Usage (in Claude Code):

/impactx-update-element-benchmarks

The skill will:

  1. Enumerate elements from the KnownElements variant in src/elements/All.H.

  2. For each element, check that an entry exists in tests/python/test_benchmark_elements.py, tests/python/test_element_serialization.py, and tests/python/test_reversibility_elements.py — adding a missing entry using realistic parameter values taken from examples/.

  3. Identify spin-capable elements (those inheriting mixin::SpinTransport) and add the spin/nospin parametrization to their benchmark and reversibility tests where missing.

  4. Rebuild the Python bindings (cmake --build build_cpu --target pip_install) and run the three tests via pytest, reporting pass/fail counts.

Documentation Context via MCP Servers

LLM assistants work best when they can query up-to-date project documentation. The AI-Assisted Input File Design workflow page describes how to set up Model Context Protocol (MCP) servers for this purpose. That setup is equally useful for development tasks: the same documentation context that helps write input files also helps an assistant understand ImpactX internals, AMReX, pyAMReX, and ABLASTR APIs, and conventions when writing C++ or Python code.

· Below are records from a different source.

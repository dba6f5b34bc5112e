// Seals the plain streams in its data and compares the answer, the facts, the output and what is left of the scratch with
// what is expected; opens what was sealed, with the same password and with another. Prints how many cases had each outcome,
// and a line for each difference. tools/make_sealings.py makes the data and what is expected.
#![tactic(auto)]

use excel97::Report;
use file_params::Refusal;
use samples::{Reader, part};
use sealing::Choice;
use std::io;
use std::rt::Files;

// What a case is sealed under: the lock's number, the choice that it names, salt and verifier, and the lengths of scratch
// and output; and what is wanted: the answer's number, 0 for a stream that is sealed and else the refusal's, and the facts.
#[derive(Clone, Copy, Debug)]
struct Terms<'a> {
    lock: usize,
    choice: Choice,
    scratch_len: usize,
    output_len: usize,
    answer: usize,
    facts: &'a [u8],
    salt: [u8; 16],
    verifier: [u8; 16],
}

// A case: its terms and its name, its password and another one, the plain stream, and what the output is to hold.
#[derive(Clone, Copy, Debug)]
struct Case<'a> {
    terms: Terms<'a>,
    name: &'a [u8],
    password: &'a [u8],
    other: &'a [u8],
    plain: &'a [u8],
    want: &'a [u8],
}

// The choice by a lock's number, with a major version and a key size.
fn choice_of(lock: usize, major: usize, bits: usize) -> Choice {
    match lock {
        0 => Choice::Xor,
        1 => Choice::Office97,
        _ => Choice::CryptoApi((major % 65536) as u16, (bits % 4294967296) as u32),
    }
}

// The next sixteen bytes, or zeros where there are fewer.
fn sixteen(data: &mut Reader) -> [u8; 16] {
    *data.bytes(16).first_chunk().unwrap_or(&[0; 16])
}

// Reads terms: the lock, the major version, the key size, the lengths of scratch and output, the answer's number, seven
// facts, and salt and verifier.
fn terms_of(data: &[u8]) -> Terms {
    let mut data = Reader::new(data);
    let lock = data.number();
    let major = data.number();
    let bits = data.number();
    let scratch_len = data.number();
    let output_len = data.number();
    let answer = data.number();
    let facts = data.bytes(28);
    let salt = sixteen(&mut data);
    let verifier = sixteen(&mut data);
    Terms {
        lock,
        choice: choice_of(lock, major, bits),
        scratch_len,
        output_len,
        answer,
        facts,
        salt,
        verifier,
    }
}

// Reads a case: the terms, and then name, password, another password, plain stream and sealed stream, each after its length.
fn case_of(data: &[u8]) -> Case {
    let mut data = Reader::new(data);
    let terms = terms_of(data.bytes(84));
    let name = data.sized();
    let password = data.sized();
    let other = data.sized();
    let plain = data.sized();
    let want = data.sized();
    Case {
        terms,
        name,
        password,
        other,
        plain,
        want,
    }
}

// What sealing or opening answers: 0, or the refusal's number.
fn number_of(answer: Result<Report, Refusal>) -> usize {
    match answer {
        Ok(_) => 0,
        Err(refusal) => file_params::number(refusal) as usize,
    }
}

// The facts of the report, or the refusal's two details.
fn facts_of(answer: Result<Report, Refusal>) -> [u64; 7] {
    match answer {
        Ok(report) => [
            report.records as u64,
            report.lock as u64,
            u64::from(report.key_bits),
            u64::from(report.summary_sealed),
            report.output_bytes as u64,
            report.enciphered_body_bytes as u64,
            report.block_keys as u64,
        ],
        Err(refusal) => {
            let details = file_params::details_of(refusal);
            [details.first, details.second, 0, 0, 0, 0, 0]
        }
    }
}

// Whether the facts are those wanted, numbers of four bytes.
fn facts_same(answer: Result<Report, Refusal>, want: &[u8]) -> bool {
    let mut want = Reader::new(want);
    facts_of(answer)
        .iter()
        .all(|fact| *fact == want.number() as u64)
}

// Whether as much of the scratch is zero as is used, and the rest as it was lent.
fn wiped(scratch: &[u8]) -> bool {
    let zeros = [0u8; 64];
    samples::holds(scratch, &zeros[..scratch.len().min(64)])
}

// Whether the scratch is what an answer of a number leaves of it.
fn scratch_same(scratch: &[u8], answer: usize) -> bool {
    match answer {
        1..=5 => samples::holds(scratch, &[]),
        _ => wiped(scratch),
    }
}

// Writes that something of a case is not as wanted, and what it is by its number and first facts. Tells whether it is as
// wanted.
fn expect(
    rt: &impl Print,
    ok: bool,
    name: &[u8],
    what: &str,
    answer: Result<Report, Refusal>,
) -> io::Result<bool> {
    if !ok {
        let number = number_of(answer);
        let [first, second, ..] = facts_of(answer);
        rt.write_all(name)?;
        println!(rt; ": {what}, after answer {number} with {first} and {second}")?;
    }
    Ok(ok)
}

// Opens a sealed stream with a password. Tells whether the answer passes a test, the output holds some bytes, and the
// scratch is wiped; each of the two texts says what is judged.
fn opens<F: FnOnce(Result<Report, Refusal>) -> bool>(
    rt: &impl Print,
    name: &[u8],
    stream: &[u8],
    password: &[u8],
    test: F,
    held: &[u8],
    what: [&str; 2],
) -> io::Result<bool>
    requires { F.IsAlwaysCallable test }
{
    let mut scratch = [0u8; 70];
    let mut output = [0u8; 8192];
    samples::lend(&mut scratch);
    samples::lend(&mut output);
    let told = excel97::open(stream, password, &mut scratch, &mut output);
    let answer = expect(rt, test(told), name, what[0], told)?;
    let kept = samples::holds(&output, held) && wiped(&scratch);
    let left = expect(rt, kept, name, what[1], told)?;
    Ok(answer && left)
}

// Whether a sealed stream opens with its password, to the plain stream and with the facts wanted.
fn opens_again(rt: &impl Print, case: Case, stream: &[u8]) -> io::Result<bool> {
    opens(
        rt,
        case.name,
        stream,
        case.password,
        |told| told.is_ok() && facts_same(told, case.terms.facts),
        case.plain,
        ["what opening it answers", "what opening it leaves"],
    )
}

// Whether a sealed stream is refused with another password.
fn shuts(rt: &impl Print, case: Case, stream: &[u8]) -> io::Result<bool> {
    opens(
        rt,
        case.name,
        stream,
        case.other,
        |told| matches!(told, Err(Refusal::WrongPassword)),
        &[],
        [
            "what another password answers",
            "what another password leaves",
        ],
    )
}

// Seals a stream with what is lent. Tells whether all is as wanted.
fn seals(rt: &impl Print, case: Case, scratch: &mut [u8], output: &mut [u8]) -> io::Result<bool> {
    let Terms {
        choice,
        answer,
        facts,
        salt,
        verifier,
        ..
    } = case.terms;
    let told = sealing::seal(
        case.plain,
        case.password,
        choice,
        salt,
        verifier,
        scratch,
        output,
    );
    let answered = expect(rt, number_of(told) == answer, case.name, "the answer", told)?;
    let reported = expect(rt, facts_same(told, facts), case.name, "the facts", told)?;
    let fine = samples::holds(output, case.want);
    let written = expect(rt, fine, case.name, "the output", told)?;
    let fine = scratch_same(scratch, answer);
    let left = expect(rt, fine, case.name, "the scratch", told)?;
    Ok(answered && reported && written && left)
}

// How many cases had each outcome, 0 for a stream that is sealed and else the refusal's number; how many were sealed under
// each lock, opened again, and were refused with another password; how many cases there are, and how many of them differ.
#[derive(Clone, Copy, Debug, PartialEq, Eq)]
struct Tally {
    outcomes: [u64; 33],
    xor: u64,
    office97: u64,
    cryptoapi: u64,
    opened: u64,
    shut: u64,
    cases: u64,
    differ: u64,
}

impl Tally {
    // Counts a case that is sealed or refused as it is to be.
    fn count(&mut self, terms: Terms) {
        if let Some(count) = self.outcomes.get_mut(terms.answer) {
            *count = count.wrapping_add(1);
        }
        if terms.answer == 0 {
            match terms.lock % 3 {
                0 => self.xor = self.xor.wrapping_add(1),
                1 => self.office97 = self.office97.wrapping_add(1),
                _ => self.cryptoapi = self.cryptoapi.wrapping_add(1),
            }
        }
    }

    // Seals a case's stream with what is lent, and opens it where it is to be sealed. Counts what comes of it.
    fn run_lent(
        &mut self,
        rt: &impl Print,
        case: Case,
        scratch: &mut [u8],
        output: &mut [u8],
    ) -> io::Result<()> {
        let mut same = seals(rt, case, scratch, output)?;
        if same {
            self.count(case.terms);
        }
        if case.terms.answer == 0 {
            let stream = part(output, 0, case.plain.len());
            let opened = opens_again(rt, case, stream)?;
            let shut = shuts(rt, case, stream)?;
            self.opened = self.opened.wrapping_add(u64::from(opened));
            self.shut = self.shut.wrapping_add(u64::from(shut));
            same = same && opened && shut;
        }
        self.cases = self.cases.wrapping_add(1);
        self.differ = self.differ.wrapping_add(u64::from(!same));
        Ok(())
    }

    // Runs a case, with a scratch and an output of the lengths that its terms name.
    fn run(&mut self, rt: &impl Print, case: Case) -> io::Result<()> {
        let mut scratch = [0u8; 8192];
        let mut output = [0u8; 8192];
        samples::lend(&mut scratch);
        samples::lend(&mut output);
        self.run_lent(
            rt,
            case,
            &mut scratch[..case.terms.scratch_len.min(8192)],
            &mut output[..case.terms.output_len.min(8192)],
        )
    }

    // Writes how many cases had each outcome.
    fn tell(&self, rt: &impl Print) -> io::Result<()> {
        println!(rt; "sealed under XOR\t{}", self.xor)?;
        println!(rt; "sealed under 1.1\t{}", self.office97)?;
        println!(rt; "sealed under CryptoAPI\t{}", self.cryptoapi)?;
        println!(rt; "opened again\t{}", self.opened)?;
        println!(rt; "refused with another password\t{}", self.shut)?;
        for (number, count) in self.outcomes.iter().enumerate().skip(1) {
            if 0 < *count {
                println!(rt; "refused by {number}\t{count}")?;
            }
        }
        println!(rt; "{} cases, {} differ", self.cases, self.differ)
    }
}

// Runs the cases of a file, each after its length.
fn run_file<R: Files + Print + Eprint>(rt: &R, path: &[u8], tally: &mut Tally) -> io::Result<()> {
    let mut data = [0u8; 262144];
    let mut cases = Reader::new(samples::read(rt, path, &mut data));
    while !cases.is_empty() {
        tally.run(rt, case_of(cases.sized()))?;
    }
    Ok(())
}

fn main(rt: HostRuntime) -> io::Result<()> {
    let mut tally = Tally {
        outcomes: [0; 33],
        xor: 0,
        office97: 0,
        cryptoapi: 0,
        opened: 0,
        shut: 0,
        cases: 0,
        differ: 0,
    };
    for path in [b"cases_1", b"cases_2", b"cases_3"] {
        run_file(&rt, path, &mut tally)?;
    }
    tally.tell(&rt)
}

See AI (LLM)-Assisted Input File Design for general MCP setup instructions with Context7.

ImpactX and Dependency Documentation on Context7

Context7 is a service that indexes open-source project documentation and serves it through the MCP protocol. Since ImpactX builds on top of AMReX, pyAMReX, ABLASTR (shared with WarpX), and openPMD-api, providing documentation for these dependencies alongside ImpactX documentation gives the assistant much richer context for development tasks.

The following documentation is available through Context7:

When Context7 is connected, the assistant can look up any of those when needed: AMReX data structures (e.g., MultiFab, ParticleContainer, Geometry), pyAMReX and pybind11 binding patterns, ABLASTR utilities shared with WarpX, and openPMD I/O APIs directly, which is especially helpful when working, for instance, on:

  • Beam-dynamics elements and lattice transport routines

  • Space-charge and collective-effects solvers that use AMReX mesh data structures

  • Particle routines built on amrex::ParticleContainer

  • Python bindings that wrap C++ classes via pybind11 and pyAMReX

  • I/O and diagnostic code that interacts with AMReX plotfiles or openPMD

For instructions on configuring Context7 as an MCP server in your coding assistant (Claude Code, Cursor, VS Code, Windsurf, Codex CLI, and others), see the Context7 client documentation and the AI (LLM)-Assisted Input File Design page.